PROBLEM
Word for word, restate the lines from the one holding "result.0 ≤ s" through the end of the data below, including both endpoints and nothing more.

Dataset excerpts:
= Beginning of Section =

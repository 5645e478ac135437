//! Whole parts and remainders, for the method of largest remainders.

ghost use Rattle.std.specs.Prelude.{◌≡◌, ◌+◌, ◌*◌, ◌<◌, ◌≤◌};

use sl_base_quotients::MAX_SEATS;

/// The whole part and the remainder of an entry's share of `s` seats, with `v` of `total` votes (Hamilton's method; Balinski and
/// Young, Fair Representation).
pub fn hare(s: u32, v: u64, total: u64) -> (u32, u64)
    requires votes { 0 < total }
    requires part { v ≤ total }
    requires seats { s ≤ MAX_SEATS }
    ensures share { s * v ≡ result.0 * total + result.1 }
    ensures rest { result.1 < total }
    ensures whole { result.0 ≤ s }
{
    let product = s as u128 * v as u128;
    let divisor = total as u128;
    ((product / divisor) as u32, (product % divisor) as u64)
}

= End of Section =

OUTPUT FOR THIS TASK
    ensures whole { result.0 ≤ s }
{
    let product = s as u128 * v as u128;
    let divisor = total as u128;
    ((product / divisor) as u32, (product % divisor) as u64)
}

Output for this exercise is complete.